Work task: The answer must consist of every line from the data that holds "FnId".

Saved entries:
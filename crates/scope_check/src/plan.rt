//! What is known of a program before its bodies are gone through, and what a function's name is.
ghost use Rattle.std.specs.Prelude.{◌≡◌, ◌<◌, ◌≤◌, ◌^◌, [], Ok, Err, IfOk, IfErr, map, length, slice_get};
ghost use Rattle.stab_lex.specs.Limits.{max_text};
ghost use Rattle.scope_check.specs.Limits.{max_functions};
ghost use Rattle.scope_check.specs.Places.{part_lists};
ghost use Rattle.scope_check.specs.Progress.{AreWithin};
ghost use Rattle.scope_check.specs.Scope.{callee_of, function_named, has_arity, main_of, names_of};
ghost use Rattle.scope_check.specs.Stretches.{ArePlainFrom};

use crate::fault::ScopeFault;
use crate::names::{unknown, written};
use indexmap::IndexSet;
use stab_base::FnId;
use stab_code::PartLists;
use stab_parse::{FormNode, Function, Span};
use std::alloc::Global;

/// What is known of a program before its bodies are gone through.
#[derive(Drop)]
pub struct Plan<'a> {
    pub alloc: Global,
    pub bytes: &'a [u8],
    pub functions: &'a [Function],
    pub names: IndexSet<&'a [u8]>,
    pub forms: &'a [FormNode],
    pub parts: PartLists,
    pub plain_from: Vec<u32>,
    ghost named: { map (λ name. name.now) names.keys ≡ names_of bytes.now functions.now },
    ghost few: { length functions.now ≤ max_functions },
    ghost within: { AreWithin (length forms.now) functions.now },
    ghost small: { length bytes.now ≤ max_text },
    ghost fewer: { length forms.now < 2 ^ 32 },
    ghost laid: { parts ≡ part_lists 0 [] forms.now },
    ghost marked: { length plain_from.items ≡ length forms.now },
    ghost plain: { ArePlainFrom forms.now plain_from.items },
}

impl<'a> Plan<'a> {
    fn function_named(&self, name: &[u8]) -> Option<usize>
        ensures { result ≡ function_named self.now.bytes.now self.now.functions.now name.now }
    {
        self.names.get_index_of(name)
    }

    fn has_arity(&self, n: usize, arguments: usize) -> bool
        requires { n < length self.now.functions.now }
        ensures { result ≡ has_arity (slice_get self.now.functions.now n) arguments }
    {
        self.functions[n].params.all().len() == arguments
    }

    /// The number of `main`, which takes nothing.
    pub(crate) fn main(&self) -> Result<FnId, ScopeFault>
        ensures main { IfOk result (λ main. main_of self.now.bytes.now self.now.functions.now ≡ Ok main.0) }
        ensures fault { IfErr result (λ fault. main_of self.now.bytes.now self.now.functions.now ≡ Err fault) }
    {
        let Some(n) = self.function_named(b"main".as_slice()) else {
            return Err(ScopeFault::NoMain);
        };
        if !self.has_arity(n, 0) {
            return Err(ScopeFault::MainTakes);
        }
        Ok(FnId(n as u32))
    }

    /// The number of the function with this name, which takes this many arguments.
    #[inline(never)]
    pub(crate) fn callee(&self, name: Span, arguments: usize) -> Result<FnId, ScopeFault>
        ensures callee { IfOk result (λ f. callee_of self.now.bytes.now self.now.functions.now name arguments ≡ Ok f.0) }
        ensures fault { IfErr result (λ fault. callee_of self.now.bytes.now self.now.functions.now name arguments ≡ Err fault) }
    {
        let Some(n) = self.function_named(written(self.bytes, name)) else {
            return Err(unknown(name));
        };
        if !self.has_arity(n, arguments) {
            return Err(ScopeFault::Arity(name.start));
        }
        Ok(FnId(n as u32))
    }
}
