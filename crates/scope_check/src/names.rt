//! Names, and where they are written.
ghost use Rattle.std.specs.Prelude.{◌≡◌};
ghost use Rattle.scope_check.specs.Names.{named};
ghost use Rattle.scope_check.specs.Scope.{twice as twice_fault, unknown as unknown_fault};

use crate::fault::ScopeFault;
use stab_parse::Span;

/// The bytes that are written there.
pub(crate) fn written<'a>(bytes: &'a [u8], span: Span) -> &'a [u8]
    ensures { result.now ≡ named bytes.now span }
{
    let end = (span.end as usize).min(bytes.len());
    let start = (span.start as usize).min(end);
    &bytes[start..end]
}

/// The fault of a name that was there before.
pub(crate) fn twice(name: Span) -> ScopeFault
    ensures { result ≡ twice_fault name }
{
    ScopeFault::Twice(name.start, name.end.saturating_sub(name.start))
}

/// The fault of a name that isn't seen.
pub(crate) fn unknown(name: Span) -> ScopeFault
    ensures { result ≡ unknown_fault name }
{
    ScopeFault::Unknown(name.start, name.end.saturating_sub(name.start))
}
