//! The names of functions and of their parameters.
ghost use Rattle.std.specs.Prelude.{◌≡◌, [], None, map, IfOk, IfErr};
ghost use Rattle.std.specs.List.{list_any};
ghost use Rattle.scope_check.specs.Names.{is_same as same_names};
ghost use Rattle.scope_check.specs.Progress.{IsFirstFault};
ghost use Rattle.scope_check.specs.Scope.{function_fault, names_of, own_fault, param_fault};

use crate::fault::ScopeFault;
use crate::names::{twice, written};
use indexmap::IndexSet;
use stab_parse::{Function, Param, Span};
use std::alloc::Global;

/// The functions of a program.
const MAX_FUNCTIONS: usize = 1000;

/// The parameters of a function.
const MAX_PARAMS: usize = 8;

/// The names of the functions in their order, where no function or parameter has a fault.
pub(crate) fn function_names<'a>(
    alloc: Global,
    bytes: &'a [u8],
    functions: &[Function],
) -> Result<IndexSet<&'a [u8]>, ScopeFault>
    ensures none { IfOk result (λ names. function_fault bytes.now [] functions.now ≡ None) }
    ensures names { IfOk result (λ names. map (λ name. name.now) names.keys ≡ names_of bytes.now functions.now) }
    ensures fault { IfErr result (IsFirstFault (function_fault bytes.now [] functions.now)) }
{
    let mut names = IndexSet::new(alloc);
    for function in functions {
        let before = names.len();
        let is_new = names.insert(written(bytes, function.name))?;
        if let Some(fault) = own_fault(bytes, before, is_new, function) {
            return Err(fault);
        }
    }
    Ok(names)
}

/// The fault of a function with so many before it.
fn own_fault(bytes: &[u8], before: usize, is_new: bool, function: &Function) -> Option<ScopeFault>
    ensures { result ≡ own_fault bytes.now before is_new function.now }
{
    if before >= MAX_FUNCTIONS {
        return Some(ScopeFault::TooMany(function.name.start));
    }
    if !is_new {
        return Some(twice(function.name));
    }
    first_fault(bytes, function.params.all())
}

/// The first fault of a function's parameters.
fn first_fault(bytes: &[u8], params: &[Param]) -> Option<ScopeFault>
    ensures { result ≡ param_fault bytes.now [] params.now }
{
    for i in 0..params.len() {
        let name = params[i].name;
        if i >= MAX_PARAMS {
            return Some(ScopeFault::TooMany(name.start));
        }
        if is_among(bytes, name, &params[..i]) {
            return Some(twice(name));
        }
    }
    None
}

/// Whether a parameter has the name.
fn is_among(bytes: &[u8], name: Span, params: &[Param]) -> bool
    ensures { result ≡ list_any (λ other. same_names bytes.now name other.name) params.now }
{
    let sought = written(bytes, name);
    for other in params {
        if sought == written(bytes, other.name) {
            return true;
        }
    }
    false
}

Answer:
use stab_base::FnId;
    pub(crate) fn main(&self) -> Result<FnId, ScopeFault>
        Ok(FnId(n as u32))
    pub(crate) fn callee(&self, name: Span, arguments: usize) -> Result<FnId, ScopeFault>
        Ok(FnId(n as u32))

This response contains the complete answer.